謎は全て解けた!! 犯人はこの中に居ない!!
そもそも不自然だったんよね。この街に着いた直後だったってのに、俺達の泊まる宿を既に捕捉して居たり、同行している者の身分までもを把握して居たり。
その割には、俺達の事や家の領地に関しては分かっていない様な発言を繰り返す。
確かに、彼等はここの領主家だ。例えば最初から俺達が来る事を把握していて、それで網を張っていたってんのなら理解は出来る。
ただ、その割には、あまりに俺達の事を知らなさ過ぎるんよね。
そもそもか不自然過ぎなんだわ。この時点でも“何か有る”と確信するには十分だとは思うが、決定的だったのは第二夫人が食前酒以降、食事に手を付け無かった事。

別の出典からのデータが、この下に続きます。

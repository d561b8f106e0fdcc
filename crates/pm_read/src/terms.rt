//! Forms of an obligation's line: the events that it waits for, what stands for a name, and guards.
ghost use Rattle.std.specs.Prelude.{◌≡◌, IfOk, option_and_then, option_map};
ghost use Rattle.serde_json.specs.View.{view, items_view};
ghost use Rattle.pm_model.specs.Forms.{if_name, looking};
ghost use Rattle.pm_model.specs.ResponseForms.{event_process_of, formed, given_form, given_of, guard_form, guard_of, guards_if, name_if, process_form, term_at, term_form, term_of, when_form, within_of};
ghost use Rattle.pm_model.specs.declared.actions.Term.TheVariants.{Named};

use crate::forms::{Form, list, name, short};
use pm_model::{Guard, GuardList, Key, Memory, Name, ProcessTerm, Term, When};
use serde_json::Value;
use std::alloc::Global;

/// How many guards an action may have.
const MOST_GUARDS: usize = 4;

fn name_if(found: Option<&Value>) -> Option<Option<Name>>
    ensures { result ≡ name_if (option_map (λ v. view v.now) found.entry) }
{
    match found {
        None => Some(None),
        Some(value) => Some(Some(name(value)?)),
    }
}

/// Which events an obligation waits for, as a line gives it: an object with the name of an operation at
/// `on`, and a name at `user` and at `target` where they are there. What stands at other keys is ignored.
pub(crate) fn when(value: &Value) -> Option<When>
    ensures { result ≡ when_form (view value.now) }
{
    let on = value.get(Key::On.text()).and_then(name)?;
    let user = name_if(value.get(Key::User.text()))?;
    let target = name_if(value.get(Key::Target.text()))?;
    Some(When { on, user, target })
}

fn named(text: &str) -> Option<Term>
    ensures { result ≡ option_map Named (if_name text.now) }
{
    Name::new(text.as_bytes()).map(Term::Named)
}

fn term_of(text: &str) -> Option<Term>
    ensures { result ≡ term_of text.now }
{
    match text {
        "$user" => Some(Term::EventUser),
        "$target" => Some(Term::EventTarget),
        _ => named(text),
    }
}

fn term(value: &Value) -> Option<Term>
    ensures { result ≡ term_form (view value.now) }
{
    value.as_str().and_then(term_of)
}

impl Form for Term {
    ghost form = { term_form };

    fn read(value: &Value) -> Option<Term> {
        term(value)
    }
}

/// What stands for an element at the key.
pub(crate) fn term_at(key: Key, value: &Value) -> Option<Term>
    ensures { result ≡ term_at (looking (view value.now)) key }
{
    value.get(key.text()).and_then(term)
}

fn given_of(text: &str) -> Option<Term>
    ensures { result ≡ given_of text.now }
{
    match text {
        "$fresh" => Some(Term::Fresh),
        _ => named(text),
    }
}

fn given(value: &Value) -> Option<Term>
    ensures { result ≡ given_form (view value.now) }
{
    value.as_str().and_then(given_of)
}

/// What stands for the name of what is made.
pub(crate) fn given_name(value: &Value) -> Option<Term>
    ensures { result ≡ formed (looking (view value.now)) Key.Name given_form }
{
    value.get(Key::Name.text()).and_then(given)
}

fn event_process(text: &str) -> Option<ProcessTerm>
    ensures { result ≡ event_process_of text.now }
{
    match text {
        "$process" => Some(ProcessTerm::EventProcess),
        _ => None,
    }
}

fn process(value: &Value) -> Option<ProcessTerm>
    ensures { result ≡ process_form (view value.now) }
{
    match short(value) {
        Some(n) => Some(ProcessTerm::Number(n)),
        None => value.as_str().and_then(event_process),
    }
}

impl Form for ProcessTerm {
    ghost form = { process_form };

    fn read(value: &Value) -> Option<ProcessTerm> {
        process(value)
    }
}

fn within(text: &str) -> Option<bool>
    ensures { result ≡ within_of text.now }
{
    match text {
        "in" => Some(true),
        "not_in" => Some(false),
        _ => None,
    }
}

fn guard_of(items: &[Value]) -> Option<Guard>
    ensures { result ≡ guard_of (items_view items.now) }
{
    match items {
        [within_word, inner, outer] => {
            let within = within_word.as_str().and_then(within)?;
            let inner = term(inner)?;
            let outer = term(outer)?;
            Some(Guard {
                within,
                inner,
                outer,
            })
        }
        _ => None,
    }
}

fn guard(value: &Value) -> Option<Guard>
    ensures { result ≡ guard_form (view value.now) }
{
    match value.as_array() {
        None => None,
        Some(items) => guard_of(items),
    }
}

impl Form for Guard {
    ghost form = { guard_form };

    fn read(value: &Value) -> Option<Guard> {
        guard(value)
    }
}

/// The guards of an action, which may be left out.
pub(crate) fn guards_if(alloc: Global, found: Option<&Value>) -> Result<Option<GuardList>, Memory>
    ensures { IfOk result (λ o. o ≡ guards_if (option_map (λ v. view v.now) found.entry)) }
{
    let Some(value) = found else {
        return Ok(Some(GuardList::new(alloc)));
    };
    let guards: Option<GuardList> = list(alloc, value)?;
    match guards {
        None => Ok(None),
        Some(guards) => {
            if guards.len() > MOST_GUARDS {
                return Ok(None);
            }
            Ok(Some(guards))
        }
    }
}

今でこそ公爵家の第二夫人だけれども、元々は隣国の王女だったんだ。毒を含む薬物関係には敏感だし、そう言った事を仕出かす様な輩にも敏感だ。
だからこそ、あの公爵も、毒を呷らせる事が出来ずに、幽閉してたんたろうしな。
俺も料理に若干の苦味の様なものを感じてたし、王女二人も、自身の体調的に違和感を感じたのか、食べ控えてたし。
まぁ王族ってのは、多少の毒物なら平気な様に、耐性を付けてるらしいし、問題無い程度の摂取量なんだろう。多分。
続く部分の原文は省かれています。